> [Goal of the exercise]
Copy out all lines of the records in which the word "IsErrorNumber" appears.

> [Given information]
# # # # # # #

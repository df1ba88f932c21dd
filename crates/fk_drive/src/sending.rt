//! What the kernel's read gives is sent.

ghost use Rattle.std.specs.Prelude.{◌≡◌, ◌≤◌, ◌<◌, ◌^◌, ℕ, List, true, IfErr, IfOk, OnErr, OnOk, length};
ghost use Rattle.fuse_device.specs.Transfers.{Transfer};
ghost use Rattle.fuse_spec.specs.Kernel.Messages.{Request};
ghost use Rattle.fuse_spec.specs.declared.WriteResult.{WriteResult};
ghost use Rattle.fk_wire.specs.Replies.{IsErrorNumber, WrittenReply, empty_reply};
ghost use Rattle.fk_drive.specs.KernelSteps.{IsReplyTaken};
ghost use Rattle.fk_wire.specs.Requests.{RequestMessage, Spells};
ghost use Rattle.fuse_frames.specs.RequestTies.{IsRequestFrame};
ghost use Rattle.fk_drive_frames.specs.Filling.{IsListing};
ghost use Rattle.fk_drive_frames.specs.OwnRequests.{ListsNode};
ghost use Rattle.fk_drive.specs.Driven.{driven};
ghost use Rattle.fk_drive.specs.Driving.{DrivesOver, Runs, Turn, idle, picked};
ghost use Rattle.fk_drive.specs.Exchanges.{EndsAs, WentOver};
ghost use Rattle.fk_drive.specs.Notings.{HasNoted};
ghost use Rattle.fk_drive.specs.Sending.{IsAnswerRefusedAs, IsReadRefused, IsRequestSent, SendsListing, SendsNext, SendsSame, SendsUntil};
ghost use Rattle.fk_drive.specs.Steps.{SendStep};
ghost use Rattle.fk_kernel.specs.Picks.{IsPicked};

use crate::connection::Connection;
use crate::end::{DriveEnd, NotSent};
use crate::exchange::send_bytes;
use crate::noted::Notes;
use crate::opening::{Awaited, Listing, node_opened, open_directory};
use fk_drive_frames::{FreeFields, OpendirSaid, fill, fill_handle};
use fk_kernel::{KernelOf, Pick};
use fk_lookup_count::CountTable;
use fk_queues::QueueTable;
use fk_wire::{MAX_FRAME, frame_of_error, spelled_is_decoded, written_is_spelled};
use fuse_device::Device;
use fuse_frames::RequestFrame;
use fuse_spec::Purpose;

/// Sends a request, with what servers expect in its free fields.
fn send_same<D: Device>(
    device: &mut D,
    frame: &[u8],
    free_fields: FreeFields,
) -> Result<(), DriveEnd>
    requires { length frame.now ≤ 4176 }
    ensures { WentOver D.logs device.old device.new (EndsAs result) (SendsSame frame.now free_fields) }
{
    let mut room = [0u8; MAX_FRAME];
    let filled = &mut room[..frame.len()];
    filled.copy_from_slice(frame);
    fill(filled, free_fields);
    send_bytes(device, filled)
}

/// Sends a request that lists an open directory, with its fh.
fn send_listing<D: Device>(device: &mut D, frame: &[u8], fh: u64) -> Result<(), DriveEnd>
    requires short { length frame.now ≤ 4176 }
    requires lists { (m : RequestMessage) × Spells frame.now m × IsListing m.content }
    ensures { WentOver D.logs device.old device.new (EndsAs result) (SendsListing frame.now fh) }
{
    let mut room = [0u8; MAX_FRAME];
    let filled = &mut room[..frame.len()];
    filled.copy_from_slice(frame);
    fill_handle(filled, fh);
    send_bytes(device, filled)
}

/// Sends a request that lists a node, under its number, once its directory is open. Where that fails the kernel takes
/// the error as its reply.
fn send_opened<Q: QueueTable<Purpose>, C: CountTable<Heap = Q::Heap>, D: Device, N: Notes<O>, O>(
    kernel: &mut KernelOf<Q, C>,
    connection: &mut Connection<Q::Heap>,
    device: &mut D,
    notes: &mut N,
    out: &mut O,
    frame: &[u8],
    free_fields: FreeFields,
    listing: Listing,
) -> Result<(), DriveEnd>
    requires short { length frame.now ≤ 4176 }
    requires lists { (m : RequestMessage) × Spells frame.now m × IsListing m.content }
    requires asks { connection.old.asks ≡ true }
    requires numbers { connection.old.next < 2 ^ 63 }
    ensures sends { (request : Request) → IsRequestFrame frame.now request → request.unique ≡ listing.unique
        → ListsNode request.body listing.node → (turn : Turn)
        × WentOver D.logs device.old device.new (SendsUntil result (driven kernel.new connection.new turn))
        (λ log. Runs (SendStep free_fields) (driven kernel.old connection.old (picked request)) log
        (driven kernel.new connection.new turn)) }
    ensures noted { HasNoted N.notes notes.old notes.new out.old out.new }
{
    written_is_spelled();
    let said = match open_directory(connection, device, notes, out, listing) {
        Awaited::Said(said) => said,
        Awaited::NotYet => return Err(DriveEnd::Memory),
        Awaited::Ended(end) => return Err(end),
    };
    match said {
        OpendirSaid::Handle(fh) => send_listing(device, frame, fh),
        OpendirSaid::NotKnown => send_same(device, frame, free_fields),
        OpendirSaid::Failed(error) => answer(kernel, listing.unique, error),
    }
}

/// The kernel takes an error as the reply to a request.
fn answer<Q: QueueTable<Purpose>, C: CountTable<Heap = Q::Heap>>(
    kernel: &mut KernelOf<Q, C>,
    unique: u64,
    error: i32,
) -> Result<(), DriveEnd>
    requires { IsErrorNumber error }
    ensures ok { OnOk result ((bytes : List ℕ) × (written : WriteResult)
        × WrittenReply (record { unique = unique; error = error; content = empty_reply }) bytes
        × IsReplyTaken kernel.old bytes written kernel.new) }
    ensures err { IfErr result (IsAnswerRefusedAs kernel.old unique error) }
    ensures same { OnErr result (kernel.new ≡ kernel.old) }
{
    let written = kernel.write(&frame_of_error(unique, error));
    kernel.lemma_in_range();
    match written {
        Ok(_result) => Ok(()),
        Err(refusal) => Err(DriveEnd::Refused(refusal)),
    }
}

/// Sends a request that was read, under its number.
fn send_read<Q: QueueTable<Purpose>, C: CountTable<Heap = Q::Heap>, D: Device, N: Notes<O>, O>(
    kernel: &mut KernelOf<Q, C>,
    connection: &mut Connection<Q::Heap>,
    device: &mut D,
    notes: &mut N,
    out: &mut O,
    frame: &[u8],
    free_fields: FreeFields,
    unique: u64,
) -> Result<(), DriveEnd>
    requires short { length frame.now ≤ 4176 }
    ensures sends { (request : Request) → IsRequestFrame frame.now request → request.unique ≡ unique → (turn : Turn)
        × WentOver D.logs device.old device.new (SendsUntil result (driven kernel.new connection.new turn))
        (λ log. Runs (SendStep free_fields) (driven kernel.old connection.old (picked request)) log
        (driven kernel.new connection.new turn)) }
    ensures noted { HasNoted N.notes notes.old notes.new out.old out.new }
{
    written_is_spelled();
    spelled_is_decoded();
    match node_opened(connection, frame) {
        Some(node) => send_opened(
            kernel,
            connection,
            device,
            notes,
            out,
            frame,
            free_fields,
            Listing { unique, node },
        ),
        None => send_same(device, frame, free_fields),
    }
}

/// Reads a request from the kernel, and sends it in a frame that spells it. What is not for the kernel is noted as it
/// comes.
///
/// # Errors
///
/// The kernel refused to be read, and then nothing changed; or the run came to its end.
pub fn send_next<Q: QueueTable<Purpose>, C: CountTable<Heap = Q::Heap>, D: Device, N: Notes<O>, O>(
    kernel: &mut KernelOf<Q, C>,
    connection: &mut Connection<Q::Heap>,
    device: &mut D,
    notes: &mut N,
    out: &mut O,
    pick: Pick,
    free_fields: FreeFields,
) -> Result<RequestFrame<Q::Heap>, NotSent>
    ensures sends { (turn : Turn) × (log : List Transfer) × D.logs device.old device.new log
        × SendsNext result pick free_fields (driven kernel.old connection.old idle) log
        (driven kernel.new connection.new turn) }
    ensures drives { (turn : Turn) × IsRequestSent result turn × DrivesOver D.logs device.old device.new
        (driven kernel.old connection.old idle) (driven kernel.new connection.new turn) }
    ensures picked { IfOk result (λ frame. IsPicked kernel.old pick frame) }
    ensures refused { IfErr result (IsReadRefused kernel.old pick) }
    ensures noted { HasNoted N.notes notes.old notes.new out.old out.new }
{
    let frame = match kernel.read(pick) {
        Ok(frame) => frame,
        Err(refusal) => return Err(NotSent::Refused(refusal)),
    };
    let (unique, _opcode) = frame.head();
    match send_read(
        kernel,
        connection,
        device,
        notes,
        out,
        frame.bytes(),
        free_fields,
        unique,
    ) {
        Ok(()) => Ok(frame),
        Err(end) => Err(NotSent::Ended(end)),
    }
}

# # # # # # #

> [Task response]
ghost use Rattle.fk_wire.specs.Replies.{IsErrorNumber, WrittenReply, empty_reply};
    requires { IsErrorNumber error }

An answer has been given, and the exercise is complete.